That depends upon what you mean by true.
I believe that all the religions that were revealed by God through Messengers are true religions, but I do not believe everything that their leaders taught and what their followers now believe is true. I believe that the older religions have been altered by man due to the passage of time and those religions are no longer in their original form. I also believe they are in their winter season.
"All that lives, and this includes the religions, have springtime, a time of maturity, of harvest and wintertime. Then religion becomes barren, a lifeless adherence to the letter uninformed by the spirit, and man’s spiritual life declines. When we look at religious history, we see that God has spoken to men precisely at times when they have reached the nadir of their degradation and cultural decadence. Moses came to Israel when it was languishing under the Pharaoh’s yoke, Christ appeared at a time when the Jewish Faith had lost its power and culture of antiquity was in its death those. Muhammad came to a people who lived in barbaric ignorance at the lowest level of culture and into a world in which the former religions had strayed far away from their origins and nearly lost their identity. The Bab addressed Himself to a people who had irretrievably lost their former grandeur and who found themselves in a state of hopeless decadence. Baha’u’llah came to a humanity which was approaching the most critical phase of its history.

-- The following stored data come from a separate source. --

//! Chunks of iterators, and how often the iterator is called.
ghost use Rattle.std.specs.Prelude.{◌<◌, ◌^◌, length};
ghost use Rattle.std.specs.Iterator.{at_most};

use crate::tests::checks::same;
use crate::tests::oracle::pieces::{BY_FOUR, NUMBERS, PADDED_BY_THREE};
use p3_util::chunks::{apply_to_chunks, iter_array_chunks_padded};
use std::cell::Cell;
use std::process::Abort;

/// An iterator that yields the given answers in order and then `None`, and counts its calls.
#[derive(Drop)]
struct Asked<'a> {
    answers: &'a [Option<u8>],
    asks: &'a Cell<usize>,
}

impl<'a> Iterator for Asked<'a> {
    type Item = u8;

    ghost remaining = { λ s. at_most (length s.answers.now) };

    fn next(&mut self) -> Option<u8> {
        self.asks.set(self.asks.get().wrapping_add(1));
        let (first, rest) = self.answers.split_first()?;
        self.answers = rest;
        *first
    }
}

/// How many of the pieces `wanted` have come after one more piece, or `usize::MAX` if it was not
/// the next one.
fn count_wanted(wanted: &[&[u8]], count: usize, piece: &[u8]) -> usize {
    match wanted.get(count) {
        Some(next) if *next == piece => count.saturating_add(1),
        _ => usize::MAX,
    }
}

/// Asserts that the closure is called on the pieces `wanted`, and that the iterator is called
/// `wanted_asks` times.
fn check_pieces<const BUFLEN: usize>(
    rt: &impl Abort,
    answers: &[Option<u8>],
    wanted: &[&[u8]],
    wanted_asks: usize,
)
    requires { BUFLEN < 2 ^ 63 }
{
    let (asks, count) = (Cell::new(0), Cell::new(0));
    let input = Asked {
        answers,
        asks: &asks,
    };
    apply_to_chunks::<BUFLEN, _, _>(input, |piece| {
        count.set(count_wanted(wanted, count.get(), piece));
    });
    same(rt, BUFLEN, &count.get(), &wanted.len());
    same(rt, BUFLEN, &asks.get(), &wanted_asks);
}

/// Asserts the padded pieces of an iterator, that `None` follows for good, and that the iterator is
/// called `wanted_asks` times.
fn check_padded<const N: usize>(
    rt: &impl Abort,
    answers: &[Option<u8>],
    fill: u8,
    wanted: &[[u8; N]],
    wanted_asks: usize,
) {
    let asks = Cell::new(0);
    let input = Asked {
        answers,
        asks: &asks,
    };
    let mut padded = iter_array_chunks_padded::<u8, N, _>(input, fill);
    for piece in wanted {
        same(rt, N, &padded.next(), &Some(*piece));
    }
    for _ in 0..3 {
        same(rt, N, &padded.next(), &None);
    }
    same(rt, N, &asks.get(), &wanted_asks);
}

/// Two numbers, and one more after the first `None`.
const BROKEN: [Option<u8>; 4] = [Some(1), Some(2), None, Some(3)];

#[test]
fn pieces_of_lists(rt: HostRuntime) {
    let seven = &NUMBERS[1..8];
    check_pieces::<3>(&rt, seven, &[&[1, 2, 3], &[4, 5, 6], &[7]], 8);
    check_pieces::<0>(&rt, seven, &[], 0);
    let eight = &NUMBERS[1..9];
    check_pieces::<4>(&rt, eight, &[&[1, 2, 3, 4], &[5, 6, 7, 8]], 9);
    check_pieces::<10>(&rt, &NUMBERS[1..6], &[&[1, 2, 3, 4, 5]], 6);
    check_pieces::<100>(&rt, eight, &[&[1, 2, 3, 4, 5, 6, 7, 8]], 9);
    let fives: [&[u8]; 4] = [
        &[1, 2, 3, 4, 5],
        &[6, 7, 8, 9, 10],
        &[11, 12, 13, 14, 15],
        &[16, 17, 18, 19, 20],
    ];
    check_pieces::<5>(&rt, &NUMBERS[1..], &fives, 21);
    check_pieces::<3>(&rt, &BROKEN, &[&[1, 2]], 3);
    for (len, wanted) in &BY_FOUR {
        let answers = NUMBERS.get(..*len).unwrap_or(&[]);
        check_pieces::<4>(&rt, answers, wanted, len.saturating_add(1));
    }
}

#[test]
fn padded_pieces(rt: HostRuntime) {
    check_padded(&rt, &NUMBERS[1..6], 9, &[[1, 2, 3, 4], [5, 9, 9, 9]], 6);
    check_padded(&rt, &[Some(1), None, Some(2)], 0, &[[1, 0]], 2);
    check_padded(&rt, &BROKEN, 0, &[[1, 2]], 3);
    check_padded::<0>(&rt, &NUMBERS[1..3], 0, &[], 0);
    for (len, wanted) in &PADDED_BY_THREE {
        let answers = NUMBERS.get(..*len).unwrap_or(&[]);
        check_padded::<3>(&rt, answers, 99, wanted, len.saturating_add(1));
    }
}
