//! The zip of two lists of one length.

use crate::tests::checks::{equal, found, same};
use p3_util::zip_eq::zip_eq;
use std::fmt::Debug;
use std::process::Abort;

/// Asserts the pairs of two lists of one length, and how many are left after each.
fn check_pairs<A: Copy + PartialEq + Debug, B: Copy + PartialEq + Debug>(
    rt: &impl Abort,
    first: &[A],
    second: &[B],
    wanted: &[(A, B)],
) {
    let mut pairs = found(
        rt,
        zip_eq(first.iter().copied(), second.iter().copied(), ()),
    );
    for (place, pair) in wanted.iter().enumerate() {
        let left = wanted.len().saturating_sub(place);
        same(rt, place, &pairs.len(), &left);
        same(rt, place, &pairs.size_hint(), &(left, Some(left)));
        same(rt, place, &pairs.next(), &Some(*pair));
    }
    equal(rt, &pairs.len(), &0);
    equal(rt, &pairs.next(), &None);
}

#[test]
fn pairs_by_place(rt: HostRuntime) {
    assert_eq!(rt;
        zip_eq([1u8, 2], ['x', 'y', 'z'], "oops").err(),
        Some("oops")
    );
    let letters = [(1, 'a'), (2, 'b'), (3, 'c')];
    check_pairs(&rt, &[1u32, 2, 3], &['a', 'b', 'c'], &letters);
    check_pairs(&rt, &[10u32, 20], &[100u32, 200], &[(10, 100), (20, 200)]);
    check_pairs(&rt, &[1u32, 2], &[3u32, 4], &[(1, 3), (2, 4)]);
    check_pairs::<u8, u8>(&rt, &[], &[], &[]);
}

‘Abdu’l-Baha writes: ‘God leaves not His children comfortless, but, when the darkness of winter overshadows them, then again He sends His Messengers, the Prophets, with a renewal of the blessed spring. The Sun of Truth appears again on the horizon of the world shining into the eyes of those who sleep, awaking them to behold the glory of a new dawn. Then again will the tree of humanity blossom and bring forth the fruit of righteousness for the healing of the nations.’ Paris Talks, p. 32.’
Some conclusions can be drawn from this fundamental belief. First, all religions are divine in essence and consequently there are no religions which contradict or exclude each other, but only one indivisible divine religion which is renewed periodically and according to the requirements of the age, in cycles of about a thousand years: ‘Our command was but one word.’ Qur’an 54:51. It is therefore hardly surprising if many of Baha’u’llah’s teachings are to be found in former religions either expressly or in an embryonic form. As ‘Abdu’l-Baha says, the Baha’i Faith is ‘not a new path to immortality.’ quoted from: Principles of the Baha’i Faith. On account of this transcendent oneness of all religions, Baha’u’llah exhorted His people to associate with followers of all religions in a spirit of loving-kindness and to make of religion a cause of harmony and peace, not of discord and strife, of hate and division.
The second conclusion is that we cannot perceive what the essence of religion is and what it has the power to achieve if we examine the traditional great religions in their present form. They have achieved much but have reached the end of their road; they were the foundation of great cultures and for thousands of years they were the guiding-star of millions of people in their everyday life and activities. But during the course of history they have also accumulated large amounts of historical ballast. They have moved a long way from their origin and are burdened with their followers’ misdeeds and cravings for power. They are no pleasant sight today, least of all to young people, who no longer see in these religions the ‘salt of the earth’ as Jesus called his disciples, Matthew 5:13 but rather the ‘opium of the people’ (Karl Marx). And one is easily inclined to pass judgment on religion as a whole, and to see in it an anachronism of past times, long since overcome, like the belief in demons in former times. But a withered plant does not give us the faintest idea of its blossoming time. In reality, religions are the ‘light of the world’ and, according to Baha’u’llah’s teachings, the foundation of human culture. It is important to understand that they are as necessary for mankind as sunlight for the plant. Without divine revelation, there would be neither progress nor culture: ‘Were this revelation to be withdrawn, all would perish.’ Taken from (Baha’u’llah, Gleanings, XCIII)."